* **INSTRUCTIONS TO FOLLOW**
For the data below, say how many lines contain "Some". Only the number should be given.

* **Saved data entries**

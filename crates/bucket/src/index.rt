//! The index of the torrents: where the one of each hash stands.

use ot_base::InfoHash;
use ot_base::laws::hashes_in_order;
use std::alloc::{AllocError, Global};
use std::collections::BTreeMap;

/// The places by hash. Contracts see the place of each hash.
#[derive(Drop)]
pub struct Index {
    pub places: BTreeMap<InfoHash, u32>,
}

impl Index {
    ghost use Rattle.std.specs.Prelude.{◌≡◌, OnOk, OnErr, Some, None};
    ghost use Rattle.std.specs.Option.{option_map};
    ghost use Rattle.ot_base.specs.declared.hash.InfoHash.{InfoHash};
    ghost use Rattle.bucket.specs.Index.{Puts, place_in};

    /// An index of no hash, which takes no memory.
    pub fn new(alloc: Global) -> Self
        ensures { (h : InfoHash) → place_in result h ≡ None }
    {
        Index {
            places: BTreeMap::new(alloc),
        }
    }

    /// The place of a hash.
    pub fn get(&self, hash: &InfoHash) -> Option<u32>
        ensures { result ≡ place_in self.now hash.now }
    {
        hashes_in_order();
        self.places.get(hash).copied()
    }

    /// Adds the place of a new hash. Want of memory changes nothing.
    pub fn add(&mut self, hash: InfoHash, place: u32) -> Result<(), AllocError>
        ensures ok { OnOk result (Puts (place_in self.old) (place_in self.new) hash (Some place)) }
        ensures err { OnErr result ((h : InfoHash) → place_in self.new h ≡ place_in self.old h) }
    {
        hashes_in_order();
        self.places.insert(hash, place)?;
        Ok(())
    }

    /// Takes out a hash, with no memory.
    pub fn take(&mut self, hash: &InfoHash)
        ensures { Puts (place_in self.old) (place_in self.new) hash.now None }
    {
        hashes_in_order();
        self.places.remove(hash);
    }

    /// Gives a hash that has a place another one.
    pub fn move_to(&mut self, hash: &InfoHash, place: u32)
        ensures { Puts (place_in self.old) (place_in self.new) hash.now
            (option_map (λ _. place) (place_in self.old hash.now)) }
    {
        hashes_in_order();
        if let Some(at) = self.places.get_mut(hash) {
            *at = place;
        }
    }
}
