//! A bucket of the tracker: torrents and their peers. No call but a scan and a cleaning walks over
//! what is stored: an index tells where a torrent stands, a ring which ones are forgotten, and each
//! torrent has its own index, rings and running counts. A shelf is all buckets of a tracker, for
//! one thread.
#![tactic(auto)]

pub mod bucket;
mod calls;
mod changes;
mod hints;
mod index;
mod joining;
pub mod laws;
mod outbox;
pub mod shelf;
mod stored;
#[cfg(test)]
mod tests;
mod torrents;

pub use bucket::Bucket;
pub use shelf::Shelf;
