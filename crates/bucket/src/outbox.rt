//! The outbox of a bucket: what its own calls did, for the other nodes.

ghost use Rattle.std.specs.Prelude.{◌≡◌};
ghost use Rattle.bucket.specs.Outbox.{mark_here};

use ot_base::{Endpoint, InfoHash, Mark, Note, Notes};
use std::alloc::{AllocError, Global};
use std::marker::Model;
use std::mem;
use tracker_model::OUTBOX_NOTES;

/// The first 4,096 notes since it was last drained, and how many came after them. Where sync is off
/// it keeps and counts none.
#[derive(Drop)]
pub struct Outbox {
    sync: bool,
    notes: Vec<Note>,
    /// Up to 4,294,967,295.
    dropped: u32,
}

impl Model for Outbox {
    ghost use Rattle.std.specs.Prelude.{◌-◌, length};
    ghost use Rattle.std.specs.Vec.{vec_capacity};
    ghost use Rattle.bucket.specs.Outbox.{OutboxShape};

    ghost Value = { OutboxShape };

    ghost view = { λ o. record {
      sync = o.sync;
      notes = o.notes.items;
      dropped = o.dropped;
      spare = vec_capacity o.notes - length o.notes.items;
    } };
}

impl Outbox {
    ghost use Rattle.std.specs.Prelude.{OnErr, OnOk, Some, true};
    ghost use Rattle.bucket.specs.Outbox.{Gets, HasRoom, empty_outbox};

    /// An outbox without notes, which takes no memory.
    pub fn new(alloc: Global, sync: bool) -> Self
        ensures { result ≡ empty_outbox sync }
    {
        Outbox {
            sync,
            notes: Vec::new(alloc),
            dropped: 0,
        }
    }

    /// Whether it keeps notes.
    pub fn is_synced(&self) -> bool
        ensures { result ≡ self.now.sync }
    {
        self.sync
    }

    /// Makes room for a note, if it would be kept. The room grows to the double, from 4 notes up to
    /// 4,096. Only where sync is on it may want memory, and want of memory changes nothing.
    pub fn reserve(&mut self) -> Result<(), AllocError>
        ensures same { self.new ≡ record self.old { spare = self.new.spare } }
        ensures room { OnOk result (HasRoom self.new) }
        ensures on { OnErr result (self.old.sync ≡ true) }
    {
        let len = self.notes.len();
        if !self.sync || len >= OUTBOX_NOTES || len < self.notes.capacity() {
            return Ok(());
        }
        self.notes.reserve_exact(len.max(4))
    }

    /// Gets a note, with no memory.
    pub fn add(&mut self, hash: &InfoHash, who: &Endpoint, mark: Mark)
        requires { HasRoom self.old }
        ensures { Gets (Some (record { hash = hash.now; who = who.now; mark = mark }))
            self.old self.new }
    {
        if !self.sync {
            return;
        }
        if self.notes.len() < OUTBOX_NOTES {
            self.notes.push_reserved(Note {
                hash: *hash,
                who: *who,
                mark,
            });
        } else {
            self.dropped = self.dropped.saturating_add(1);
        }
    }

    /// Hands out the notes, oldest first, and how many it had no place for. It is empty afterwards
    /// and holds no memory.
    pub fn drain(&mut self) -> (Notes, u32)
        ensures notes { result.0 ≡ self.old.notes }
        ensures dropped { result.1 ≡ self.old.dropped }
        ensures empty { self.new ≡ empty_outbox self.old.sync }
    {
        let empty = Vec::new(*self.notes.allocator());
        let notes = mem::replace(&mut self.notes, empty);
        let dropped = mem::replace(&mut self.dropped, 0);
        (Notes::from(notes), dropped)
    }
}

/// What a note says of an endpoint that takes part.
pub fn mark_of(seed: bool) -> Mark
    ensures { result ≡ mark_here seed }
{
    if seed { Mark::Seed } else { Mark::Leecher }
}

* **COMPLETED TASK**
5